Release: August 2016
Writer: Greg Rucka
Pencils: Matthew Clark & Liam Sharp
Inks: Sean Parsons & Liam Sharp
DC’s Rebirth initiative is both incredibly easy to explain and endlessly complicated in how it’s played out. Ostensibly a launch into a new status quo after five years of the New 52 (WW Vol 4, which we’ll get to eventually), it means rolling back a lot of the choices that had been made to heroes in the 2010s, some more than others, to try to introduce a broader continuity. Put simply: the heroes were gonna be more like how you remembered liking them and less like editorial mandate had made them. How individual heroes got there, however, was up to the individual writers.
For Greg Rucka, and for Wonder Woman, that’s a specifically difficult challenge. Of all the big heroes of the New 52, Wonder Woman received arguably the biggest change of character. Her origin was changed to being the daughter of Hippolyta and Zeus. She had become the actual God of War. She was dating Superman (Superman is also in the running for the most changed major character, they solved that by literally killing him and bringing back pre-New 52 Superman, which is about as traumatic an eraser as it sounds). Diana went through a lot the past five years.
Meanwhile, Rucka’s a writer that had a famous run with her (somewhere in Vol 3 I think? We’ll get to it someday) but had a very acrimonious split with DC editorial. Him coming back, and coming back to a character that he defined in a prior version, leads to the big question: what the hell do you do to re-simplify Wonder Woman into a coherent character?
You don’t. Instead you acknowledge all of it, in the text, and literally let the character grapple with the impossibility of her reality.
We begin with Diana at a point of crisis. She remembers, thanks I guess to Convergence, all of her origins as co-existing at once. But how can that even be possible? And more importantly, if she doesn’t remember anything about who she was reliably, how can she even be sure of who she is in the present?
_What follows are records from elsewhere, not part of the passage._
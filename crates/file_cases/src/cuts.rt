//! Every front of the small file is refused at the field that it cuts.
use crate::small::SMALL;
use file::house_file::HouseFile;
use house::bad::Part;
use kinds::refusal::Refusal;
use std::test::Fail;

/// The fields of the small file: which part each is, its first byte, and how many it has.
const FIELDS: [(Part, usize, usize); 41] = [
    (Part::NamesCount, 0, 4),
    (Part::NameLength, 4, 1),
    (Part::NameBytes, 5, 4),
    (Part::ValuesCount, 9, 4),
    (Part::ValueKind, 13, 1),
    (Part::TypeCode, 14, 1),
    (Part::ValueLength, 15, 1),
    (Part::ValueBytes, 16, 1),
    (Part::RecordsCount, 17, 4),
    (Part::Tag, 21, 1),
    (Part::Action, 22, 1),
    (Part::NameNumber, 23, 2),
    (Part::ValueNumber, 25, 2),
    (Part::FirstZero, 27, 1),
    (Part::SecondZero, 28, 1),
    (Part::Counter, 29, 4),
    (Part::Actor, 33, 4),
    (Part::TextStart, 37, 4),
    (Part::TextLength, 41, 4),
    (Part::Tag, 45, 1),
    (Part::Action, 46, 1),
    (Part::NameNumber, 47, 2),
    (Part::ValueNumber, 49, 2),
    (Part::FirstZero, 51, 1),
    (Part::SecondZero, 52, 1),
    (Part::Counter, 53, 4),
    (Part::Actor, 57, 4),
    (Part::TextStart, 61, 4),
    (Part::TextLength, 65, 4),
    (Part::Tag, 69, 1),
    (Part::Action, 70, 1),
    (Part::NameNumber, 71, 2),
    (Part::ValueNumber, 73, 2),
    (Part::FirstZero, 75, 1),
    (Part::SecondZero, 76, 1),
    (Part::Counter, 77, 4),
    (Part::Actor, 81, 4),
    (Part::TextStart, 85, 4),
    (Part::TextLength, 89, 4),
    (Part::TextCount, 93, 4),
    (Part::Text, 97, 2),
];

/// The field that is cut where the file ends before byte `end`.
fn cut_field(end: usize) -> Option<(Part, usize)> {
    let (part, first, _) = FIELDS
        .iter()
        .find(|(_, first, size)| first.saturating_add(*size) > end)?;
    Some((*part, *first))
}

#[test]
fn every_cut(rt: HostRuntime) -> Result<(), Fail> {
    for end in 0..99 {
        let mut file = HouseFile::empty();
        let Err(bad) = file.read(&SMALL[..end]) else {
            return Err(Fail::new("a cut file is good"));
        };
        let Some((part, first)) = cut_field(end) else {
            return Err(Fail::new("no field is cut"));
        };
        assert_eq!(rt; bad.byte, first);
        assert_eq!(rt; bad.part, part);
        assert!(rt; bad.is_cut());
        assert_eq!(rt; bad.refusal(), Refusal::Malformed);
    }
    assert!(rt; matches!(cut_field(99), None));
    Ok(())
}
Wonder Woman has a moniker attached to her of being the Spirit of Truth, but that implies a level of self-awareness the character simply can’t have because of how dicked around she’s been by her various writers. It’s at the point that she questions existentially how she can exist at all. To quote from the issue:
Wonder. Woman. I remember believing that “Wonder” meant “Awe.” That the name they game me spoke of admiration. Perhaps it did, once. But the story keeps changing. That’s not what they mean when they call me “Wonder.” Not anymore. Perhaps not ever. That’s their word, not mine. They wonder. What is that? How can such a woman exist? Who is she?
Diana seems most appalled at realizing that she’s supposed to be the God of War, but also suddenly remembering that for a large part of her history she stood diametrically opposed to many of the stated goals of Ares, the God of War she knew for most of her life as a fictional character. How can those two things reconcile? And if they can’t, then what happened to cause this? Struggling with this impossibly split identity, Diana wraps her own arm in her lasso and interrogates herself, hoping that the answer can arise from her unconscious self, compelled by her own powers.
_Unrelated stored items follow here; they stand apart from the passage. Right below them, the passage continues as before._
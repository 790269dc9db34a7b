//! House files on examples: good ones, every cut, every field spoilt, and a file under layers.
#![tactic(auto)]

#[cfg(test)]
mod cuts;
#[cfg(test)]
mod indexed;
#[cfg(test)]
mod piled;
#[cfg(test)]
mod small;
#[cfg(test)]
mod spoilt;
With the knowledge that someone has deliberately fucked with her sense of self, Diana crushes the helmet of Ares and rejects her New 52 costume for her modern one that hews closer to her original outfit designs. Silver is out, gold is in. She has a battle skirt, and often is styled with a sword and cape like her current film incarnation. I’m adverse to Jim Lee costume designs as a matter of course, but I think this is a fine design, much easier to make look good than her New 52 outfit (which Cliff Chiang and only Cliff Chiang managed to make look great).
She then she heads off to what she believes to be Olympus, only to find that it’s some sort of illusion that she doesn’t recognize with her new, broader memory. Whatever her truth might be, she can’t seem to access it in the present, and so she’ll have to go hunting for it.
The Rebirth specials are interesting in that they’re kind of out of continuity but establish very important bridging bits of character between the New 52 incarnations and the modern version that’s going to be running around in the ongoing titles. For Diana, that involves grappling textually with how messy her history is as the also-ran of the DC trinity, how casually she’s been rewritten by the parade of writers who have tried to make Wonder Woman work as an ongoing title in a world that mostly seems interested in buying new Batfolk.
Making that her literal motivation is a bold choice, even if it rarely presents in the ongoing comic as boldly as it does in this particular issue. It’s one of the strangest parts of Rebirth as a line-wide thing in general: it’s based on the idea that the characters themselves begin to sense that they’re being poorly managed from the outside, but they’re still literally managed as comic books that come out and you can read. It’s a rickety house of cards, to be sure, and nobody is quite sure how it’ll all shake out at this point. But this is where we start from, questions that need answered, and a new book that’ll endeavor to answer them.